> _EXERCISE BRIEF_:
Starting at the first line, reproduce the listing below in full, exactly as given.

=== Begin Enclosure ===

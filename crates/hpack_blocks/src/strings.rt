ghost use Rattle.std.specs.Prelude.{◌≡◌, ◌+◌, ◌<◌, ◌≤◌, length, IfOk};
ghost use Rattle.hpack_blocks.specs.Answers.{Gives};
ghost use Rattle.hpack_blocks.specs.Reading.{number_at, octets_of, string_at};
ghost use Rattle.hpack_blocks.specs.Texts.{octets_in};

use crate::faults::BlockFault;
use hpack_codes::{HuffFault, huffman_decode, read_int};
use outside::{Blob, Memory};
use std::alloc::Global;

/// The octets of a name or a value that was read.
#[derive(Drop)]
pub enum Text<'a> {
    /// They stand in the block or in an entry of a table.
    InPlace(&'a [u8]),
    /// They were spelled in the Huffman code.
    Decoded(Blob),
}

impl Text<'_> {
    /// The octets.
    pub fn bytes(&self) -> &[u8]
        ensures { result.now ≡ octets_in self.now }
    {
        match self {
            Text::InPlace(octets) => octets,
            Text::Decoded(octets) => octets.bytes(),
        }
    }

    /// The octets as a blob; those that stand elsewhere are copied.
    pub fn into_blob(self, alloc: Global) -> Result<Blob, Memory>
        ensures { IfOk result (λ b. b ≡ octets_in self.entry) }
    {
        match self {
            Text::InPlace(octets) => Blob::of(alloc, octets),
            Text::Decoded(octets) => Ok(octets),
        }
    }
}

/// The integer at the head of the bytes, and the number of its bytes (RFC 7541, section 5.1).
pub fn read_number(bytes: &[u8], prefix: u32) -> Result<(u32, usize), BlockFault>
    requires some { 1 ≤ prefix }
    requires most { prefix ≤ 8 }
    ensures reads { Gives (λ x. x) result (number_at prefix bytes.now) }
    ensures within { IfOk result (λ x. (1 ≤ x.1) × (x.1 ≤ length bytes.now)) }
{
    match read_int(bytes, 0, prefix) {
        Ok(number) => Ok(number),
        Err(_) => Err(BlockFault::BadBlock),
    }
}

/// The octets of a string whose first octet this is: as they stand, or in the Huffman code.
fn read_octets(alloc: Global, first: u8, payload: &[u8]) -> Result<Text<'_>, BlockFault>
    ensures { Gives octets_in result (octets_of first payload.now) }
{
    if first < 128 {
        return Ok(Text::InPlace(payload));
    }
    match huffman_decode(alloc, payload) {
        Ok(octets) => Ok(Text::Decoded(octets)),
        Err(HuffFault::Memory) => Err(BlockFault::Memory),
        Err(HuffFault::Eos) => Err(BlockFault::BadBlock),
        Err(HuffFault::BadPadding) => Err(BlockFault::BadBlock),
    }
}

/// The string at the head of the bytes, and the number of its bytes (RFC 7541, section 5.2).
#[tactic(auto, unfolding(crate::specs::Reading::string_at))]
pub fn read_string(alloc: Global, bytes: &[u8]) -> Result<(Text<'_>, usize), BlockFault>
    ensures reads { Gives (λ x. (octets_in x.0, x.1)) result (string_at bytes.now) }
    ensures within { IfOk result (λ x. (1 ≤ x.1) × (x.1 ≤ length bytes.now)) }
{
    let (len, start) = read_number(bytes, 7)?;
    let len = len as usize;
    let rest = &bytes[start..];
    if rest.len() < len {
        return Err(BlockFault::BadBlock);
    }
    let octets = read_octets(alloc, bytes[0], &rest[..len])?;
    Ok((octets, start + len))
}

=== End Enclosure ===

> _EXERCISE ANSWER_:
filename crates/hpack_blocks/src/strings.rt
ghost use Rattle.std.specs.Prelude.{◌≡◌, ◌+◌, ◌<◌, ◌≤◌, length, IfOk};
ghost use Rattle.hpack_blocks.specs.Answers.{Gives};
ghost use Rattle.hpack_blocks.specs.Reading.{number_at, octets_of, string_at};
ghost use Rattle.hpack_blocks.specs.Texts.{octets_in};

use crate::faults::BlockFault;
use hpack_codes::{HuffFault, huffman_decode, read_int};
use outside::{Blob, Memory};
use std::alloc::Global;

/// The octets of a name or a value that was read.
#[derive(Drop)]
pub enum Text<'a> {
    /// They stand in the block or in an entry of a table.
    InPlace(&'a [u8]),
    /// They were spelled in the Huffman code.
    Decoded(Blob),
}

impl Text<'_> {
    /// The octets.
    pub fn bytes(&self) -> &[u8]
        ensures { result.now ≡ octets_in self.now }
    {
        match self {
            Text::InPlace(octets) => octets,
            Text::Decoded(octets) => octets.bytes(),
        }
    }

    /// The octets as a blob; those that stand elsewhere are copied.
    pub fn into_blob(self, alloc: Global) -> Result<Blob, Memory>
        ensures { IfOk result (λ b. b ≡ octets_in self.entry) }
    {
        match self {
            Text::InPlace(octets) => Blob::of(alloc, octets),
            Text::Decoded(octets) => Ok(octets),
        }
    }
}

/// The integer at the head of the bytes, and the number of its bytes (RFC 7541, section 5.1).
pub fn read_number(bytes: &[u8], prefix: u32) -> Result<(u32, usize), BlockFault>
    requires some { 1 ≤ prefix }
    requires most { prefix ≤ 8 }
    ensures reads { Gives (λ x. x) result (number_at prefix bytes.now) }
    ensures within { IfOk result (λ x. (1 ≤ x.1) × (x.1 ≤ length bytes.now)) }
{
    match read_int(bytes, 0, prefix) {
        Ok(number) => Ok(number),
        Err(_) => Err(BlockFault::BadBlock),
    }
}

/// The octets of a string whose first octet this is: as they stand, or in the Huffman code.
fn read_octets(alloc: Global, first: u8, payload: &[u8]) -> Result<Text<'_>, BlockFault>
    ensures { Gives octets_in result (octets_of first payload.now) }
{
    if first < 128 {
        return Ok(Text::InPlace(payload));
    }
    match huffman_decode(alloc, payload) {
        Ok(octets) => Ok(Text::Decoded(octets)),
        Err(HuffFault::Memory) => Err(BlockFault::Memory),
        Err(HuffFault::Eos) => Err(BlockFault::BadBlock),
        Err(HuffFault::BadPadding) => Err(BlockFault::BadBlock),
    }
}

/// The string at the head of the bytes, and the number of its bytes (RFC 7541, section 5.2).
#[tactic(auto, unfolding(crate::specs::Reading::string_at))]
pub fn read_string(alloc: Global, bytes: &[u8]) -> Result<(Text<'_>, usize), BlockFault>
    ensures reads { Gives (λ x. (octets_in x.0, x.1)) result (string_at bytes.now) }
    ensures within { IfOk result (λ x. (1 ≤ x.1) × (x.1 ≤ length bytes.now)) }
{
    let (len, start) = read_number(bytes, 7)?;
    let len = len as usize;
    let rest = &bytes[start..];
    if rest.len() < len {
        return Err(BlockFault::BadBlock);
    }
    let octets = read_octets(alloc, bytes[0], &rest[..len])?;
    Ok((octets, start + len))
}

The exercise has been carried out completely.